Ensure proper power supply within the specified voltage range.
Be mindful of the output current limits to avoid damaging the module.
Use a pull-up resistor if necessary for stable readings.
Keep the sensor away from strong electromagnetic fields that may cause interference.
Calibrate the sensor according to the specific application needs.

Wiring Instructions

Arduino wiring for 3144 Hal sensor module (black)

Arduino wiring for 3144 Hal sensor module

To wire the Hall Sensor module to the Arduino, start by connecting the sensor's VCC pin to the Arduino's 5V pin for power. Next, connect the GND pin to the Arduino's GND pin to complete the circuit. The output pin of the Hall Sensor, typically marked as OUT, should be connected to digital pin 2 on the Arduino.

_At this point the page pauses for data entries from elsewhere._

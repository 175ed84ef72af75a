// A session in a world in memory.
use crate::extensions::push;
use cms_ext::ExtList;
use cms_session::{Status, run, run_with};
use cms_world::{Argv, MemWorld};
use std::alloc::Global;
use std::process::Abort;

// The program's name and the words that blanks part.
fn argv<R: Abort>(rt: &R, alloc: Global, line: &str) -> Argv {
    let mut argv = Argv::new(alloc);
    argv.push("cms").expect(rt, "memory");
    for word in line.split_ascii_whitespace() {
        argv.push(word).expect(rt, "memory");
    }
    argv
}

// Extensions under these words; of one that stands there twice the first is taken.
fn handed_in<R: Abort>(rt: &R, alloc: Global, words: &str) -> ExtList {
    let mut extensions = ExtList::new(alloc);
    for word in words.split_ascii_whitespace() {
        push(alloc, &mut extensions, word).expect(rt, "memory");
    }
    extensions
}

/// How a session with these words ends in a world to which no unit is attached yet.
pub fn ended<R: Abort>(rt: &R, alloc: Global, words: &str, world: &mut MemWorld) -> Status {
    assert!(rt; world.units() == 0, "a unit is attached");
    run(alloc, &argv(rt, alloc, words), world)
}

/// The same of a session that is handed extensions under words.
pub fn ended_with<R: Abort>(
    rt: &R,
    alloc: Global,
    words: &str,
    handed: &str,
    world: &mut MemWorld,
) -> Status {
    if handed.is_empty() {
        return ended(rt, alloc, words, world);
    }
    assert!(rt; world.units() == 0, "a unit is attached");
    let extensions = handed_in(rt, alloc, handed);
    run_with(alloc, &argv(rt, alloc, words), world, extensions)
}
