// ECHO: each line that it is given is said back, until an empty one.
ghost use Rattle.std.specs.Prelude.{◌≡◌, [], ◌∷◌, IfOk};
ghost use Rattle.cms_ext.specs.Exact.{exactly};
ghost use Rattle.cms_ext.specs.declared.extension.ExtWant.TheVariants.{Say};
ghost use Rattle.cms_session_tests.specs.Echo.{echo};

use cms_ext::{ExtReply, ExtWant, Extension};
use cms_text::{Line, Lines};
use std::alloc::{AllocError, Global};

/// An extension that says back each line that it is given, until an empty one.
#[derive(Drop)]
pub struct Echo;

// It says a line.
fn say(alloc: Global, line: &Line) -> Result<ExtWant, AllocError>
    ensures { IfOk result (λ want. want ≡ Say (line.now ∷ [])) }
{
    let mut lines = Lines::new(alloc);
    lines.push(Line::of(alloc, line.bytes())?)?;
    Ok(ExtWant::Say(lines))
}

impl Extension for Echo {
    ghost content = { λ e. [] };

    ghost does = { exactly echo };

    fn turn(&mut self, alloc: Global, reply: &ExtReply) -> Result<ExtWant, AllocError> {
        match reply {
            ExtReply::Start(_) | ExtReply::Went => Ok(ExtWant::Ask),
            ExtReply::Got(line) if line.bytes().is_empty() => Ok(ExtWant::Done(0)),
            ExtReply::Got(line) => say(alloc, line),
            ExtReply::Sub(_) | ExtReply::File(_) | ExtReply::Refused(_) => Ok(ExtWant::Done(24)),
        }
    }
}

For the buzzer, connect the positive terminal to digital pin 8 on the Arduino, and connect the negative terminal to the GND. This setup allows the Arduino to read the sensor's output and activate the buzzer when a magnetic field is detected.

Code Examples & Walkthrough

The following code initializes the Hall Sensor and the buzzer. It defines pins for the sensor and the action. The main loop reads the sensor status and activates the buzzer accordingly.

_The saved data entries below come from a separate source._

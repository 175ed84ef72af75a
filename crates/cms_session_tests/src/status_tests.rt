// How statuses are told.
use cms_session::{Status, WordFault};

#[test]
fn statuses_have_codes(rt: HostRuntime) {
    let codes = [
        Status::Done.code(),
        Status::Usage(WordFault::Syntax).code(),
        Status::Usage(WordFault::Unit(1)).code(),
        Status::Usage(WordFault::Seed).code(),
        Status::Memory.code(),
        Status::World.code(),
        Status::Turns.code(),
    ];
    assert_eq!(rt; codes.as_slice(), [0u8, 2, 2, 2, 3, 4, 5].as_slice());
}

#define DETECT 2 // pin 2 for sensor
#define ACTION 8 // pin 8 for action to do something

void setup() {
  Serial.begin(9600);
  pinMode(DETECT, INPUT); // define detect input pin
  pinMode(ACTION, OUTPUT); // define ACTION output pin
}

In this code, the DETECT variable is assigned to pin 2, which is used to read the sensor. The ACTION variable is assigned to pin 8, where the buzzer is connected. The setup function initializes the serial communication and sets the pin modes.


void loop() {
  int detected = digitalRead(DETECT); // read Hall sensor
  if (detected == LOW) {
    digitalWrite(ACTION, HIGH); // set the buzzer ON
    Serial.println("Detected!");
  } else {
    digitalWrite(ACTION, LOW); // Set the buzzer OFF
    Serial.println("Nothing");
  }
  delay(200);
}

This part of the code continuously checks the status of the Hall Sensor. If the sensor detects a magnetic field (when detected is LOW), it turns the buzzer ON and prints "Detected!" to the Serial Monitor. If no field is detected, it turns the buzzer OFF and prints "Nothing".

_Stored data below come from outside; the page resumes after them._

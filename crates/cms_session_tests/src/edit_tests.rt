// Sessions with the editor, as transcripts.
use crate::transcript::check_sessions;
use std::test::Fail;

const EDITS: &str = "# hello
+ TALLY EDIT
> NUCXMAP
TALLY
EDIT
R;
> EDIT
R(00024);
> EDIT HELLO TEXT
R;
> EDIT
> type 2
HELLO
> next
> TYPE 2
HELLO
WORLD
> DOWN 1
?EDIT: DOWN 1
> CHANGE /ELL/IDD/
> INPUT NEW LINE
> LOCATE HELLO
?EDIT: LOCATE HELLO
> SAVE
> END
R;
> TYPE HELLO TEXT
HIDDO
NEW L
WORLD
R;
> EDIT NONE TEXT
CMS002E File NONE TEXT A not found
R(00028);
> EDIT HELLO TEXT C
CMS069E Disk C is not accessed
R(00036);
> EDIT
R(00024);
# hello
+ EDIT
> COPYFILE HELLO TEXT A COPY TEXT A
R;
> EDIT HELLO TEXT
R;
> EDIT
> NEXT
> REPLACE AGAIN
> SAVE
CMS107E Disk A is full, 2 blocks needed, 1 free
?EDIT: SAVE
> END
R;
> ERASE COPY TEXT A
R;
> EDIT
> TYPE
AGAIN
> SAVE
> END
R;
> TYPE HELLO TEXT
AGAIN
WORLD
R;
# a file is edited in place, and another is made
+ EDIT
@ P
| &TRACE OFF
| &STACK NEXT
| &STACK CHANGE /pepper/vinegar/
| &STACK SAVE
| &STACK END
| EDIT
| &TYPE &RC
> EXECIO 1 DISKW SALT TEXT A (STRING Salt and pepper
R;
> EDIT SALT TEXT A
R;
> P
0
R;
> TYPE SALT TEXT
Salt and vinegar
R;
> EDIT PLAN TEXT
CMS002E File PLAN TEXT A not found
R(00028);
> EDIT
> INPUT Monday
> INPUT Tuesday
> SAVE
> END
R;
> TYPE PLAN TEXT
Monday
Tuesday
R;
> LISTFILE PLAN TEXT A (FORMAT NOHEADER
PLAN     TEXT     A1 V     7
R;
# hello: 191,512,ro,A
+ EDIT
> EDIT HELLO TEXT
R;
> EDIT
> SAVE
CMS037E Disk A is read-only
?EDIT: SAVE
> TOP
> NEXT
> TYPE
HELLO
> END
R;
# a line of another form, with code 24
+ EDIT
> EDIT HELLO
R(00024);
> EDIT HELLO TEXT A1
R(00024);
> EDIT HELLO TEXT A (X
R(00024);
";

const SPOKEN: &str = "# a procedure speaks to the editor
+ EDIT
@ M
| &TRACE OFF
| EDIT N NOTE
| &SUBCOMMAND EDIT LOCATE BETA
| &PRESUME &SUBCOMMAND EDIT
| CHANGE /ET/OT/
| INPUT GAMMA
| SAVE
| &PRESUME
| TYPE N NOTE
> EXECIO 2 DISKW N NOTE A
> ALPHA
> BETA
R;
> M
ALPHA
BOTA
GAMMA
R;
# its error action comes by subcommands
+ EDIT
@ M
| &TRACE OFF
| &ERROR &TYPE CODE &RC
| EDIT N NOTE
| &SUBCOMMAND EDIT LOCATE BETA
| &SUBCOMMAND EDIT BOTTOM
| &PRESUME &SUBCOMMAND EDIT
| TOPP
| &SUBCOMMAND NONE X
> EXECIO 1 DISKW N NOTE A (STRING ALPHA
R;
> M
CODE 28
CODE 24
CMS122E Extension NONE does not exist
CODE 28
R;
# a save is refused, and then good; an empty line ends the editor's lines
+ EDIT
> EXECIO 1 DISKW N NOTE A (STRING ALPHA
R;
> ACCESS 191 A/A
CMS723I A (191) R/O
R;
> EDIT N NOTE
R;
> EDIT
> NEXT
> REPLACE OMEGA
> SAVE
CMS037E Disk A is read-only
?EDIT: SAVE
> 
R;
> ACCESS 191 A
R;
> EDIT
> SAVE
> END
R;
> TYPE N NOTE
OMEGA
R;
# subcommands at the buffer's edges
+ EDIT
> EXECIO 3 DISKW N NOTE A
> ALPHA
> BETA
> GAMMA
R;
> EDIT N NOTE
R;
> EDIT
> DELETE
?EDIT: DELETE
> REPLACE X
?EDIT: REPLACE X
> CHANGE /A/B/
?EDIT: CHANGE /A/B/
> UP
> TYPE 2
ALPHA
> LOCATE ALPHA
> LOCATE ALPHA
?EDIT: LOCATE ALPHA
> CHANGE xALPHAxOMEGAx
> TYPE
OMEGA
> CHANGE //B/
?EDIT: CHANGE //B/
> CHANGE /OMEGA//
?EDIT: CHANGE /OMEGA//
> BOTTOM
> NEXT 5
> TYPE 3
GAMMA
> DELETE 5
> TYPE
BETA
> INPUT {X*249}
> CHANGE /X/XXXXXXX/
> CHANGE /X/XX/
?EDIT: CHANGE /X/XX/
> TYPE
{X*255}
> END
R;
";

#[test]
fn files_are_edited(rt: HostRuntime) -> Result<(), Fail> {
    check_sessions(&rt, rt.alloc(), &[EDITS, SPOKEN])
}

Demonstration / What to Expect

When you run the code, the Arduino will constantly monitor the Hall Sensor for any magnetic field. If a magnetic field is detected, the buzzer will sound, and you will see "Detected!" printed on the Serial Monitor. If no magnetic field is present, the buzzer will remain off, and "Nothing" will be displayed. Be cautious with wiring to avoid reversed connections, which could lead to failure in detection (in video at 06:15).